Terrance Laird

Personal information
- Born: October 12, 1998 (age 27) West Chester, Pennsylvania, U.S.

Sport
- Country: United States
- Sport: Track and field
- Event: Sprints
- College team: LSU Tigers (2020–2021) Hinds CC Eagles (2019) PSU Nittany Lions (2018)
- Coached by: Dennis Shaver

Achievements and titles
- Personal bests: 100 m: 10.05 (2021); 200 m: 19.81 (2021);

= Terrance Laird =

American track and field athlete (born 2000)

Terrance Laird (born October 12, 1998) is an American track and field athlete specializing in the 100 meters and 200 meters sprints.

==Career==
Laird's freshman year was at Penn State in 2017-18, where he won the Men's Freshman of the Year award in the Big Ten conference. He struggled academically at Penn State and transferred to Hinds Community College in Mississippi for his sophomore year.

Laird moved on to Louisiana State University where he competed collegiately for the LSU Tigers. On 27 March 2021, Laird ran a 19.81 200 metres at the Texas Relays meet, which was the third fastest time in NCAA history. His performance was even more impressive due to his negative split, running the first 100m in 10.39 seconds and his final in 9.42 seconds, which is one of the fastest closes for the 200 metres in history. He also finished second to Matthew Boling at the 2021 NCAA Division I Indoor Track and Field Championships in the 200m, finishing in 20.20 seconds. This was also the 8th fastest all time indoor 200 metres. Terrance Laird also holds the 4th fastest wind aided 200m run of all time, running 19.64 (+5.6) on May 17, 2019. On May 15, 2021, Laird had a similar achievement running 9.80 +3.2 for 100 meters, one of the top 20 performers under any circumstances in that event. He was awarded the Commissioners Trophy for the most points at the SEC event, where he won the 100 and 200 meters and anchored the winning 4x100 meter relay team.

==Personal bests==

| Event | Time | Wind (m/s) | Venue | Date | Notes |
| 100 m | 10.05 | +0.4 | Eugene, Oregon, US | June 11, 2021 |  |
| 9.80 w | +3.2 | College Station, Texas, US | May 15, 2021 | Wind-assisted |
| 200 m | 19.81 | +0.8 | Austin, Texas, US | March 27, 2021 |  |
| 19.64 w | +5.6 | Hobbs, New Mexico, US | May 17, 2019 | Wind-assisted |
| Indoor 200 m | 20.20 | —N/a | Fayetteville, Arkansas, US | March 13, 2021 | #8 all-time |

- Information from World Athletics profile.

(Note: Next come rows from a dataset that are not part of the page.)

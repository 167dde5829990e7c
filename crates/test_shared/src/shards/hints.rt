//! A text that a hint tells is found while another thread writes in its shard, and a present text of a list while
//! another thread reads there.
use crate::checks::{is_so, is_so_at};
use crate::shards::{is_seen, opened};
use lasso_log::log::{Log, Opened, Pass};
use lasso_log::shared_memory::piece::Piece;
use lasso_parts::keys::Spur;
use lasso_parts::util::{LassoError, LassoErrorKind, LassoResult};
use lasso_shared::shards::Shards;
use lasso_shared::shards::new_text::NewText;
use std::alloc::Global;
use std::sync::atomic::{AtomicU64, Ordering};
use std::test::*;
use std::thread::join;
use test_common::hashers::FirstState;
use test_steps::Host;

// More texts than a round of hints has, after which hints that found few of them rest.
const ROUND: usize = 70_000;

// Where two threads meet: the first one says that it knows the text, the second one that it holds the shard, and
// then the first one that it found the text.
#[derive(Drop)]
struct Meeting {
    kept: AtomicU64,
    held: AtomicU64,
    found: AtomicU64,
}

impl Meeting {
    fn new() -> Meeting {
        Meeting {
            kept: AtomicU64::new(0),
            held: AtomicU64::new(0),
            found: AtomicU64::new(0),
        }
    }
}

fn set(flag: &AtomicU64) {
    flag.store(1, Ordering::SeqCst);
}

// Makes the pass keep hints.
fn hint(alloc: Global, pass: &mut Pass<Spur>) -> LassoResult<()> {
    pass.make_hints(alloc);
    if pass.has_hints() {
        Ok(())
    } else {
        Err(LassoError::new(LassoErrorKind::FailedAllocation))
    }
}

// Whether the pass finds the text, and interns it as a static and as a copied one, and then finds and interns 70 of it by
// calls for all of them.
fn finds(
    rt: &impl Host,
    shards: &Shards<Spur, FirstState>,
    pass: &mut Pass<Spur>,
    text: &'static str,
) -> LassoResult<bool> {
    let is_found = shards.get(rt, pass, text).is_some();
    let is_kept = shards.intern(rt, pass, NewText::Static(text)).is_ok();
    let is_copied = shards.intern(rt, pass, NewText::Copied(text)).is_ok();
    let texts = [text; 70];
    let (mut found, mut keys) = (Vec::new(rt.alloc()), Vec::new(rt.alloc()));
    shards.get_all(rt, pass, &texts, &mut found)?;
    shards.intern_all(rt, pass, &texts, &mut keys)?;
    let are_found = found.len() == 70 && found.last().copied() == Some(keys.first().copied());
    Ok(is_found && is_kept && is_copied && are_found)
}

// How a pass comes to know the text.
#[derive(Clone, Copy)]
enum Way {
    // By calls that take one text, which keep a hint.
    One,
    // By calls that take a list, which keep a hint.
    Lists,
    // Another pass interned it, so there is no hint.
    Other,
}

// Lets the pass come to know the text.
fn know(
    rt: &impl Host,
    shards: &Shards<Spur, FirstState>,
    pass: &mut Pass<Spur>,
    way: Way,
    text: &'static str,
) -> LassoResult<()> {
    let (mut found, mut keys) = (Vec::new(rt.alloc()), Vec::new(rt.alloc()));
    match way {
        Way::One => {
            hint(rt.alloc(), pass)?;
            shards.intern(rt, pass, NewText::Static(text))?;
            let _found = shards.get(rt, pass, text);
        }
        // the second list meets the text, which is then looked up as often as it takes for hints that find nothing
        // to rest
        Way::Lists => {
            hint(rt.alloc(), pass)?;
            shards.intern_all(rt, pass, &[text], &mut keys)?;
            shards.intern_all(rt, pass, &[text], &mut keys)?;
            shards.get_all(rt, pass, &vec![in rt.alloc(); text; ROUND]?, &mut found)?;
        }
        Way::Other => {
            shards.intern(rt, &mut shards.log.pass(), NewText::Static(text))?;
        }
    }
    Ok(())
}

// Comes to know the text, and finds it once its shard is held.
fn know_and_find(
    rt: &impl Host,
    shards: &Shards<Spur, FirstState>,
    way: Way,
    text: &'static str,
    meeting: &Meeting,
) -> LassoResult<()> {
    let mut pass = shards.log.pass();
    let known = know(rt, shards, &mut pass, way, text);
    set(&meeting.kept);
    known?;
    if is_seen(&meeting.held) && finds(rt, shards, &mut pass, text)? {
        set(&meeting.found);
    }
    Ok(())
}

// Says that the shard is held. Returns whether the text is found meanwhile. It does not wait for ever.
fn is_found_meanwhile(meeting: &Meeting) -> bool {
    set(&meeting.held);
    is_seen(&meeting.found)
}

// Locks the shard of this number, for reading if the text has no hint, and else for writing, once the text is
// known. Returns whether it is found meanwhile.
fn hold(
    rt: &impl Host,
    shards: &Shards<Spur, FirstState>,
    way: Way,
    number: usize,
    meeting: &Meeting,
) -> bool {
    if !is_seen(&meeting.kept) {
        return false;
    }
    match way {
        Way::Other => {
            let guard = shards.lock(number).read(rt);
            let is_found = is_found_meanwhile(meeting);
            guard.unlock();
            is_found
        }
        _ => {
            let (guard, shard) = shards.lock(number).write(rt);
            let is_found = is_found_meanwhile(meeting);
            guard.unlock(rt, shard);
            is_found
        }
    }
}

// A text has to be found while its shard is held.
fn finds_while_held(rt: &impl Host, way: Way) -> Result<(), Fail> {
    let (shards, meeting) = (opened(rt.alloc())?, Meeting::new());
    // `0` is a text of shard 3
    let (is_found, known) = join(
        rt,
        || hold(rt, &shards, way, 3, &meeting),
        || know_and_find(rt, &shards, way, "0", &meeting),
    );
    known?;
    is_so(rt, is_found, "the text");
    Ok(())
}

#[test]
fn a_hinted_text_is_found_beside_a_writer(rt: HostRuntime) -> Result<(), Fail> {
    finds_while_held(&rt, Way::One)
}

#[test]
fn a_text_that_lists_met_is_found_beside_a_writer(rt: HostRuntime) -> Result<(), Fail> {
    finds_while_held(&rt, Way::Lists)
}

#[test]
fn a_present_text_of_a_list_is_found_beside_a_reader(rt: HostRuntime) -> Result<(), Fail> {
    finds_while_held(&rt, Way::Other)
}

// Hints of a pass: which positions they tell, and when they rest.

// The texts of the list, one of them empty.
static TEXTS: [&str; 5] = ["bc", "", "a", "p", "q"];

// A hash for each text. All choose the same set, and differ in bits that no position here has.
static HASHES: [u64; 5] = [1 << 48, 2 << 48, 3 << 48, 4 << 48, 5 << 48];

// How many absent texts are asked for at once.
const MISSES: u32 = 1000;

// How often a test asks before it gives up.
const TURNS: u32 = 10_000;

// More texts than two rounds have.
const HITS: u32 = 200_000;

// A log with a pass of it.
#[derive(Drop)]
struct Asked<'a> {
    log: &'a Log<Spur>,
    pass: Pass<Spur>,
}

impl Asked<'_> {
    // Keeps the position of the text at it. Returns whether the list has the position.
    fn keeps(&mut self, position: usize) -> bool {
        let has_position = (position as u64) < self.log.len(&mut self.pass);
        if has_position {
            self.pass.keep_hint(HASHES[position], position as u64);
        }
        has_position
    }

    // Whether a hint tells the text, if it is asked with that hash.
    fn is_told(&mut self, hash: u64, text: &str) -> bool {
        self.log.find_hinted(&mut self.pass, hash, text).is_some()
    }

    // Whether a hint tells the text of the position.
    fn tells(&mut self, position: usize) -> bool {
        let (hash, text) = (HASHES[position], TEXTS[position]);
        self.log.find_hinted(&mut self.pass, hash, text) == Some(position as u64)
    }

    // Asks for absent texts until the last text is told, or until it is not told any more. Returns whether it came
    // to that.
    fn comes_to(&mut self, is_told: bool) -> bool {
        for _ in 0..TURNS {
            if self.tells(4) == is_told {
                return true;
            }
            for _ in 0..MISSES {
                let _found = self.is_told(7, "none");
            }
        }
        false
    }
}

// The hints of five texts, which are asked for, and for absent texts.
fn tell(rt: &impl Host, asked: &mut Asked<'_>) {
    // the hint of `a` tells it, and no other text
    is_so(rt, !asked.tells(2), "an absent hint");
    is_so(rt, asked.keeps(2) && asked.tells(2), "one text");
    is_so(rt, !asked.is_told(HASHES[2], "b"), "another text");
    is_so(rt, !asked.is_told(HASHES[3], "a"), "the hash of another");
    is_so(rt, !asked.is_told(7, "a"), "another hash");
    // the hints of five texts are of one set of four: each is told at first, each time, and that of the first text,
    // which is asked for between the others, to the end
    for position in 0..5usize {
        is_so_at(rt, asked.keeps(position), position);
        for _ in 0..3u32 {
            is_so_at(rt, asked.tells(position), position);
        }
        is_so_at(rt, asked.tells(0), position);
    }
    // each hit is told, however many there are
    for _ in 0..HITS {
        is_so(rt, asked.tells(4), "no rest");
    }
    is_so(rt, asked.comes_to(false), "a rest");
    is_so(rt, asked.comes_to(true), "the end of the rest");
}

#[test]
fn hints_tell_the_texts_that_they_were_kept_of(rt: HostRuntime) -> Result<(), Fail> {
    let opened = Opened {
        size: 4096,
        limit: u64::MAX,
    };
    let (log, mut spine) = Log::open(rt.alloc(), opened)?;
    let mut pass = log.pass();
    for text in TEXTS.iter() {
        let cell = log.reserve_next(rt.alloc(), &mut spine)?;
        let is_last = log.append_now(&mut spine, &mut pass, cell, Piece::from_static(*text));
        is_so(&rt, is_last, text);
    }
    let mut asked = Asked { log: &log, pass };
    // without a table nothing is kept
    let is_asked = asked.keeps(2);
    is_so(&rt, is_asked && !asked.pass.has_hints(), "no hints");
    is_so(&rt, !asked.tells(2), "nothing is told");
    hint(rt.alloc(), &mut asked.pass)?;
    tell(&rt, &mut asked);
    Ok(())
}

==National championship results==

Representing the PSU Nittany Lions (2018), Hinds CC Eagles (2019), LSU Tigers (2021 NCAA), and adidas (2021)
Year: Competition; Position; Event; Time; Wind (m/s); Venue; Notes
2018: NCAA Division I Indoor Championships; 12th; 200 m; 20.97; —N/a; College Station, Texas
2019: NJCAA Division I Championships; 2nd (semis); 200 m; 19.64 w; +5.6; Hobbs, New Mexico; Wind-assisted, Q
2nd: 4×100 m relay; 39.24; —N/a
2nd: 100 m; 10.14 w; +2.3; Wind-assisted
2021: NCAA Division I Indoor Championships; 2nd; 200 m; 20.20; —N/a; Fayetteville, Arkansas; PB, #8 all-time
NCAA Division I Championships: 1st; 4×100 m relay; 38.48; —N/a; Eugene, Oregon
1st: 100 m; 10.05; +0.4; PB
2nd: 200 m; 19.94; -0.4
US Olympic Trials: 6th; 200 m; 20.15; +0.3; Eugene, Oregon

- NCAA and NJCAA results from Track & Field Results Reporting System profile.